As noted above, Barnes states in his affidavit that he did not know of the policy. On the other hand, in his affidavit Ratcliff states that he and other County employees were authorized, as a matter of policy, to put stone on their driveways. In his deposition, which was designated as evidence by both parties, Ratcliff states that he acted with permission of the Superintendent under a long-standing policy. Ratcliff also states in his deposition that putting stone on driveways had been done years before he was an employee” and was a policy “continued from years past.” The 1987 minutes of the Commissioner’s meeting serve to bolster Ratcliff’s claims that there was a policy which allowed employees to put stone on their driveway, a policy that Ratcliff specifically claims in his deposition has become “common knowledge” during the ensuing years. (R. 91).

This evidence, if true, indicates that the County policy of allowing drivers to use County stone to repair driveways damaged by heavy County vehicles had been acknowledged in the past by the County Commissioners and was currently known by County workers.
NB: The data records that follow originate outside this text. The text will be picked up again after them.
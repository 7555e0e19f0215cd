//! How answers are written.

use std::fmt::Debug;
use std::io;

/// Appends a text.
pub(crate) fn push(out: &mut String, text: &str) -> io::Result<()> {
    out.push_str(text)?;
    Ok(())
}

/// Appends a byte: one that is printable as it is.
fn push_byte(out: &mut String, byte: u8) -> io::Result<()> {
    match byte {
        b'\n' => push(out, "\\n"),
        b'\t' => push(out, "\\t"),
        b'\r' => push(out, "\\r"),
        b' '..=b'~' => Ok(out.push(char::from(byte))?),
        _ => Ok(write!(out, "\\x{byte:02x}")?),
    }
}

/// Appends bytes between quotes.
pub(crate) fn push_quoted(out: &mut String, bytes: &[u8]) -> io::Result<()> {
    push(out, "\"")?;
    for byte in bytes {
        push_byte(out, *byte)?;
    }
    push(out, "\"")
}

/// Appends a blank, where there is something in front of it.
pub(crate) fn push_gap(out: &mut String) -> io::Result<()> {
    push(out, if out.is_empty() { "" } else { " " })
}

/// Appends bytes as pairs of hexadecimal digits, or `none` where there are none.
pub(crate) fn push_hex(out: &mut String, bytes: &[u8]) -> io::Result<()> {
    if bytes.is_empty() {
        return push(out, "none");
    }
    for byte in bytes {
        write!(out, "{byte:02x}")?;
    }
    Ok(())
}

/// Appends bytes between quotes, or `none`.
pub(crate) fn push_some_quoted(out: &mut String, bytes: Option<&[u8]>) -> io::Result<()> {
    match bytes {
        Some(bytes) => push_quoted(out, bytes),
        None => push(out, "none"),
    }
}

/// Appends a decimal number, or `none`.
pub(crate) fn push_some_decimal(out: &mut String, number: Option<u64>) -> io::Result<()> {
    match number {
        Some(number) => Ok(write!(out, "{number}")?),
        None => push(out, "none"),
    }
}

/// Appends a hexadecimal number, or `none`.
pub(crate) fn push_some_hexadecimal(out: &mut String, number: Option<u64>) -> io::Result<()> {
    match number {
        Some(number) => Ok(write!(out, "{number:x}")?),
        None => push(out, "none"),
    }
}

/// Appends `yes` or `no`.
pub(crate) fn push_yes(out: &mut String, yes: bool) -> io::Result<()> {
    push(out, if yes { "yes" } else { "no" })
}

/// Appends a value in the words of its type, or `none`.
pub(crate) fn push_some<T: Debug + Drop>(out: &mut String, value: Option<T>) -> io::Result<()> {
    match value {
        Some(value) => Ok(write!(out, "{value:?}")?),
        None => push(out, "none"),
    }
}
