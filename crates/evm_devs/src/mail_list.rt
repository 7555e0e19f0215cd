ghost use Rattle.std.specs.Prelude.{◌≡◌, ◌≤◌, ◌+◌, ◌∷◌, ◌++◌, [], length, Ok};
ghost use Rattle.evm_dev.specs.Mailbox.{last_words};
ghost use Rattle.evm_dev.specs.Rows.{touched};
ghost use Rattle.evm_dev.specs.declared.kind.Kind.TheVariants as kinds;
ghost use Rattle.evm_dev.specs.declared.touch.Op.TheVariants as ops;

use crate::copying::CopyFrom;
use arrayvec::ArrayVec;
use evm_dev::{Device, Kind, MAILBOX_LIMIT, Op, Touch};
use evm_room::{NoMemory, copy_list};
use std::alloc::Global;
use std::marker::Model;

/// A mailbox over a list, whose room is in the value itself.
#[derive(Debug, Drop)]
pub struct MailList {
    words: ArrayVec<u64, MAILBOX_LIMIT>,
}

impl Model for MailList {
    ghost use Rattle.std.specs.Prelude.{ℕ, List};

    ghost Value = { List ℕ };

    ghost view = { λ mailbox. mailbox.words.items };
}

impl MailList {
    /// No word. It asks for no memory, and so never fails; the signature is that of the other mailbox.
    pub fn new(_alloc: Global) -> Result<MailList, NoMemory>
        ensures { result ≡ Ok [] }
    {
        Ok(MailList {
            words: ArrayVec::new(),
        })
    }

    // The words are these, in two parts.
    pub(crate) fn set_words(&mut self, first: &[u64], second: &[u64])
        requires { length first.now + length second.now ≤ MAILBOX_LIMIT }
        ensures { self.new ≡ first.now ++ second.now }
    {
        self.words.clear();
        let _first = self.words.try_extend_from_slice(first);
        let _second = self.words.try_extend_from_slice(second);
    }

    // The words, the oldest first.
    pub(crate) fn as_slice(&self) -> &[u64]
        ensures words { result.now ≡ self.now }
        ensures limit { length result.now ≤ MAILBOX_LIMIT }
    {
        self.words.as_slice()
    }

    fn fetch(&mut self, register: u8) -> Touch
        ensures words { self.new ≡ (touched kinds.Mailbox ops.Fetch register 0 self.old).words }
        ensures answer { result ≡ (touched kinds.Mailbox ops.Fetch register 0 self.old).touch }
    {
        match register {
            0 => Touch::answer(self.words.pop_at(0).unwrap_or(0)),
            1 => Touch::answer(self.words.len() as u64),
            _ => Touch::NONE,
        }
    }

    fn put(&mut self, register: u8, value: u64) -> Touch
        ensures words { self.new ≡ (touched kinds.Mailbox ops.Put register value self.old).words }
        ensures answer { result ≡ (touched kinds.Mailbox ops.Put register value self.old).touch }
    {
        match register {
            0 => {
                self.post(value);
                Touch {
                    answer: Some(0),
                    raise: true,
                }
            }
            1 => {
                self.words.clear();
                Touch::answer(0)
            }
            _ => Touch::NONE,
        }
    }

    // The word comes last; of 16 the oldest leaves first.
    fn post(&mut self, value: u64)
        ensures { self.new ≡ last_words (self.old ++ value ∷ []) }
    {
        if self.words.is_full() {
            self.words.remove(0);
        }
        self.words.push(value);
    }
}

impl Device for MailList {
    ghost kind_of = { λ _. kinds.Mailbox };

    ghost words_of = { λ mailbox. mailbox };

    fn kind(&self) -> Kind {
        let _len = self.words.len();
        Kind::Mailbox
    }

    fn words(&self, k: usize) -> Option<u64> {
        self.words.as_slice().get(k).copied()
    }

    fn touch(&mut self, op: Op, register: u8, value: u64) -> Touch {
        match op {
            Op::Fetch => self.fetch(register),
            Op::Put => self.put(register, value),
        }
    }

    fn tick(&mut self) -> bool {
        false
    }
}

impl CopyFrom for MailList {
    fn copy_from(&mut self, other: &MailList) {
        copy_list(&mut self.words, &other.words);
    }
}
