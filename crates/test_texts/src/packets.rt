//! Packets of GDB, and bytes that are read whole.

use crate::call::{Call, decimal, given};
use crate::writing::{push, push_quoted, push_yes};
use evm_streams::read_utf8;
use gdb_packets::{PacketItem, push_digits, push_framed, read_digits, read_item};
use std::io;

/// The packet of a payload.
pub(crate) fn framed(call: &Call<'_>, out: &mut String) -> io::Result<()> {
    let mut bytes = Vec::new(call.alloc);
    given(push_framed(&mut bytes, call.argument))?;
    push_quoted(out, bytes.as_slice())
}

// What comes first in some bytes, its payload, and how many bytes follow it.
fn push_item(call: &Call<'_>, bytes: &[u8], out: &mut String) -> io::Result<()> {
    let mut payload = Vec::new(call.alloc);
    let Some((item, rest)) = given(read_item(bytes, &mut payload))? else {
        return push(out, "none");
    };
    write!(out, "{item:?}")?;
    if item == PacketItem::Packet {
        push(out, " ")?;
        push_quoted(out, payload.as_slice())?;
    }
    let count = rest.len();
    Ok(write!(out, " {count}")?)
}

/// What comes first in some bytes.
pub(crate) fn item(call: &Call<'_>, out: &mut String) -> io::Result<()> {
    push_item(call, call.argument, out)
}

/// What comes first where a packet begins whose body goes on for this many bytes.
pub(crate) fn long_item(call: &Call<'_>, out: &mut String) -> io::Result<()> {
    let mut bytes = Vec::new(call.alloc);
    bytes.push(b'$')?;
    for _ in 0..decimal(call.text()?)? {
        bytes.push(b'a')?;
    }
    push_item(call, bytes.as_slice(), out)
}

/// Bytes as digits of a packet.
pub(crate) fn digits(call: &Call<'_>, out: &mut String) -> io::Result<()> {
    let mut text = Vec::new(call.alloc);
    given(push_digits(&mut text, call.argument))?;
    push_quoted(out, text.as_slice())
}

/// Whether digits of a packet are bytes, and which.
pub(crate) fn digits_read(call: &Call<'_>, out: &mut String) -> io::Result<()> {
    let mut bytes = Vec::new(call.alloc);
    let is_whole = given(read_digits(call.argument, &mut bytes))?;
    push_yes(out, is_whole)?;
    if is_whole {
        push(out, " ")?;
        push_quoted(out, bytes.as_slice())?;
    }
    Ok(())
}

/// The text that bytes are, or why they are none.
pub(crate) fn utf8(call: &Call<'_>, out: &mut String) -> io::Result<()> {
    let mut reader = call.argument;
    match read_utf8(call.alloc, &mut reader) {
        Ok(text) => push_quoted(out, text.as_bytes()),
        Err(stop) => Ok(write!(out, "{stop:?}")?),
    }
}
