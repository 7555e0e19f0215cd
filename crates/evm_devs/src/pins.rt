ghost use Rattle.std.specs.Prelude.{◌≡◌, ◌∷◌, []};
ghost use Rattle.evm_dev.specs.Rows.{touched};
ghost use Rattle.evm_dev.specs.declared.kind.Kind.TheVariants as kinds;
ghost use Rattle.evm_dev.specs.declared.touch.Op.TheVariants as ops;

use crate::copying::CopyFrom;
use evm_dev::{Device, Kind, Op, Touch};
use std::marker::Model;

/// A level of 64 pins, the mask of those that are watched, and a count that falls with each tick.
#[derive(Debug, Drop)]
pub struct Pins {
    level: u64,
    mask: u64,
    count: u64,
}

impl Model for Pins {
    ghost use Rattle.std.specs.Prelude.{ℕ, List, ◌∷◌, []};

    ghost Value = { List ℕ };

    ghost view = { λ pins. pins.level ∷ pins.mask ∷ pins.count ∷ [] };
}

impl Pins {
    /// All words are 0.
    pub fn new() -> Pins
        ensures { result ≡ 0 ∷ 0 ∷ 0 ∷ [] }
    {
        Pins {
            level: 0,
            mask: 0,
            count: 0,
        }
    }

    fn fetch(&self, register: u8) -> Touch
        ensures words { self.now ≡ (touched kinds.Pins ops.Fetch register 0 self.now).words }
        ensures answer { result ≡ (touched kinds.Pins ops.Fetch register 0 self.now).touch }
    {
        match register {
            0 => Touch::answer(self.level),
            1 => Touch::answer(self.mask),
            2 => Touch::answer(self.count),
            _ => Touch::NONE,
        }
    }

    fn put(&mut self, register: u8, value: u64) -> Touch
        ensures words { self.new ≡ (touched kinds.Pins ops.Put register value self.old).words }
        ensures answer { result ≡ (touched kinds.Pins ops.Put register value self.old).touch }
    {
        match register {
            0 => self.set_level(value),
            1 => {
                self.mask = value;
                Touch::answer(0)
            }
            2 => {
                self.count = value;
                Touch::answer(0)
            }
            _ => Touch::NONE,
        }
    }

    // A watched pin that goes from 0 to 1 raises.
    #[tactic(auto, using(crate::proofs::Rising::rises_by_words))]
    fn set_level(&mut self, value: u64) -> Touch
        ensures words { self.new ≡ (touched kinds.Pins ops.Put 0 value self.old).words }
        ensures answer { result ≡ (touched kinds.Pins ops.Put 0 value self.old).touch }
    {
        let raise = self.mask & value & !self.level != 0;
        self.level = value;
        Touch {
            answer: Some(0),
            raise,
        }
    }
}

impl Device for Pins {
    ghost kind_of = { λ _. kinds.Pins };

    ghost words_of = { λ pins. pins };

    fn kind(&self) -> Kind {
        let _ = &self.level;
        Kind::Pins
    }

    fn words(&self, k: usize) -> Option<u64> {
        match k {
            0 => Some(self.level),
            1 => Some(self.mask),
            2 => Some(self.count),
            _ => None,
        }
    }

    fn touch(&mut self, op: Op, register: u8, value: u64) -> Touch {
        match op {
            Op::Fetch => self.fetch(register),
            Op::Put => self.put(register, value),
        }
    }

    fn tick(&mut self) -> bool {
        let raise = self.count == 1;
        self.count = self.count.saturating_sub(1);
        raise
    }
}

impl CopyFrom for Pins {
    fn copy_from(&mut self, other: &Pins) {
        self.level = other.level;
        self.mask = other.mask;
        self.count = other.count;
    }
}
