//! The devices of a machine in the order of their numbers; and those that programs attach: a console, two mailboxes that differ in how
//! they keep their words, and pins.
#![tactic(auto)]

mod any_device;
mod attached;
mod console;
mod copying;
mod devices;
mod mail_list;
mod mail_ring;
mod pins;

pub use any_device::AnyDevice;
pub use attached::Devices;
pub use console::Console;
pub use copying::CopyFrom;
pub use devices::program_devices;
pub use mail_list::MailList;
pub use mail_ring::MailRing;
pub use pins::Pins;
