//! The names of an image's addresses, tasks and objects: from the symbol table of its ELF64 file (System V gABI, "Symbol Table"), and from
//! its map.
#![tactic(auto)]

mod checksum;
mod entries;
mod fields;
mod map;
mod memory;
mod names;
mod naming;
mod nearest;
mod sections;
mod source_line;
mod symbol;
mod symbols;

pub use map::{Map, MapFault, ObjectKind, ObjectKind as Kind};
pub use naming::{CodeSpot, Names, Standing, push_code};
pub use source_line::SourceLine;
pub use symbol::{Symbol, SymbolKind};
pub use symbols::{SymbolTable, Symbols};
Ratcliff also designated evidence, in the form of the newspaper article, which indicates that Barnes was unhappy with Peterson’s performance as his superior. Ratcliff further designated evidence which, if true, indicates that Barnes’ statement was made in retaliation for Ratcliff’s alleged prior statement characterizing Barnes as a thief who stole metal from the County Highway Shop. A reasonable inference can be drawn from this indirect evidence that, as a County worker, Barnes knew that Ratcliff’s use of the County’s stone was authorized and that Barnes’ ill-will toward both Peterson and Ratcliff motivated him to make a defamatory statement that he knew was not true. We cannot say as a matter of law that Ratcliff has failed to establish a question of fact on the issue of actual malice. Thus, the question becomes one for the jury.


The trial court erred in determining either that Barnes was entitled to judgment as a matter of law or that there were no genuine issues of material fact on the validity of Ratcliff’s defamation claim.
Reversed and remanded.
SHARPNACK, C.J., and SULLIVAN, J., concur.